Though “aesthetic” philosophy first developed as an autonomous field in the mid-eighteenth century, it has important roots in earlier seventeenth-century debates concerning literature and the arts. In the wake of Cartesian rationalism, could reasoned method be reconciled with non-rational creativity, or decorous order with the unruly “sublime”?  Just what kind of “truth” was revealed by poetry or painting?  We will consider the relation between literature and other media (including music, opera, and the visual arts) and gauge the impact of French classical criticism on the broader European scene, considering its reception and contestation in Britain, Italy, Spain and Germany.  Among the authors considered will be Descartes, Pascal, Boileau, Molière, Félibien, Du Bos, Addison, Hutcheson, Vico, Montesquieu, Diderot, and Herder.  Course conducted in English, but reading knowledge of French is required;  students  taking course for French credit must do all written work in French.

2014-2015 Autumn

27114 Faust, Myth of the Modern World

(GRMN 27114)

In this course, we will consider three renderings of the Faust myth: Johann Wolfgang von Goethe’s Faust, Part One, Heinrich Heine’s “dance poem” Faust, and Friedrich Murnau’s expressionist film Faust.

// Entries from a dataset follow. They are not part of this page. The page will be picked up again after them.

// Debts that are read from a tape before they are claimed.
ghost use Rattle.std.specs.Prelude.{◌≡◌, ◌≤◌, [], None, OnErr, OnOk, length};
ghost use Rattle.std.specs.List.Sorted.{IsStrictlyIncreasing};
ghost use Rattle.ledger_core.specs.State.{keys_in};
ghost use Rattle.flusher.specs.Ahead.{begun, gone_on, has_room_for, kept_with, most_ahead, wanted_behind};

use ledger_core::{Debt, Key};
use std::alloc::{AllocError, Global};
use std::collections::VecDeque;

// So many are kept at most.
const KEPT_MAX_DEBTS: usize = 1024;

// So many are read in a row.
const STEP_DEBTS: usize = 128;

/// Debts of a peer that were read from its tape before they were claimed, by rising keys, so that they can be claimed
/// while the tape is in use.
#[derive(Drop)]
pub struct ReadAhead {
    debts: VecDeque<Debt>,
    // The key behind which the reading goes on.
    end: Key,
    // So memory stays bounded.
    ghost few: { length debts.items ≤ most_ahead },
    ghost rising: { IsStrictlyIncreasing (keys_in debts.items) },
}

impl ReadAhead {
    ghost use Rattle.flusher.specs.ReadAhead.{TakesOut, end_in, kept_in};

    /// Nothing was read.
    pub fn new(alloc: Global) -> Self
        ensures kept { kept_in result ≡ [] }
        ensures end { end_in result ≡ 0 }
    {
        ReadAhead {
            debts: VecDeque::new(alloc),
            end: Key::new(0, 0),
        }
    }

    /// Takes out the debt of this key, if it was read. Debts of lesser keys are let go: what is claimed is the least
    /// candidate.
    pub fn take(&mut self, key: Key) -> Option<Debt>
        ensures takes { TakesOut key self.old self.new result }
        ensures end { end_in self.new ≡ end_in self.old }
    {
        while let Some(first) = self.debts.front()
            && first.key().is_below(key)
        {
            self.debts.pop_front();
        }
        match self.debts.front() {
            Some(first) if first.key() == key => self.debts.pop_front(),
            _ => None,
        }
    }

    /// The debt of this key had to be read by itself: if no other is kept, the reading goes on behind it.
    pub fn begin_behind(&mut self, key: Key)
        ensures kept { kept_in self.new ≡ kept_in self.old }
        ensures end { end_in self.new ≡ begun key (kept_in self.old) (end_in self.old) }
    {
        if self.debts.is_empty() {
            self.end = key;
        }
    }

    /// The key behind which the reading goes on.
    pub fn end(&self) -> Key
        ensures { result ≡ end_in self.now }
    {
        self.end
    }

    /// How many debts are read next: 128, as long as there is room for so many.
    pub fn wanted(&self) -> usize
        ensures { result ≡ wanted_behind (kept_in self.now) }
    {
        if self.debts.len() + STEP_DEBTS <= KEPT_MAX_DEBTS {
            STEP_DEBTS
        } else {
            0
        }
    }

    /// The debts of these keys are read next: then the reading goes on behind the last of them.
    pub fn go_on_behind(&mut self, keys: &[Key])
        ensures kept { kept_in self.new ≡ kept_in self.old }
        ensures end { end_in self.new ≡ gone_on (end_in self.old) keys.now }
    {
        if let Some(last) = keys.last() {
            self.end = *last;
        }
    }

    /// Keeps of these debts, in turn, each for which there is room and whose key is above those that are kept.
    ///
    /// # Errors
    /// `NoMemory` if memory was refused; nothing changes.
    pub fn keep(&mut self, debts: Vec<Debt>) -> Result<(), AllocError>
        ensures ok { OnOk result (kept_in self.new ≡ kept_with (kept_in self.old) debts.items) }
        ensures unchanged { OnErr result (kept_in self.new ≡ kept_in self.old) }
        ensures end { end_in self.new ≡ end_in self.old }
    {
        self.debts.reserve(debts.len())?;
        for debt in debts {
            if self.has_room_for(debt.key()) {
                self.debts.push_back_reserved(debt);
            }
        }
        Ok(())
    }

    // Whether a debt of this key can be kept behind the others.
    fn has_room_for(&self, key: Key) -> bool
        ensures { result ≡ has_room_for (kept_in self.now) key }
    {
        if self.debts.len() >= KEPT_MAX_DEBTS {
            return false;
        }
        match self.debts.back() {
            Some(last) => last.key().is_below(key),
            None => true,
        }
    }
}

In addition to these core readings/viewings, we will study the origins of the Faust myth in sixteenth-century Germany and survey its many transformations across art, literature, and music. This course is an excellent introduction to the history of German literature and culture. All readings and class discussions will be in German.

2014-2015 Autumn

50203 Comparative Literary History

This seminar pursues a twofold agenda. First, we will survey the history of criticism and theoretical reflection on change, evolution, receptivity, and traditionality in literature. Second, we will debate how the writing of literary histories – whether national or comparative, form- or author-centered, “continuist” or period-based – can be approached today, and how such work may be useful for other kinds of literary scholarship. In addition to literary theorists, we will read pertinent work in cultural history, philosophy of history, and history of art. Texts discussed to include works by Hegel, Burckhardt, Veselovsky, Warburg, Benjamin, Tynianov, Bakhtin, Blumenberg, Jameson. This course fulfills the winter core requirement for first-year Ph.D. students in Comparative Literature.

2014-2015 Winter

34810 MAPH Poetics Core Course

(MAPH 34800,ENGL 34800)

This intensive seminar focuses on recurrent tensions in poetics: for instance, voice and text, object and event, semantics and prosody, invention and representation. The historical span will reach from Plato to Prynne, and discussion will advance between constellations of poems and theoretical texts.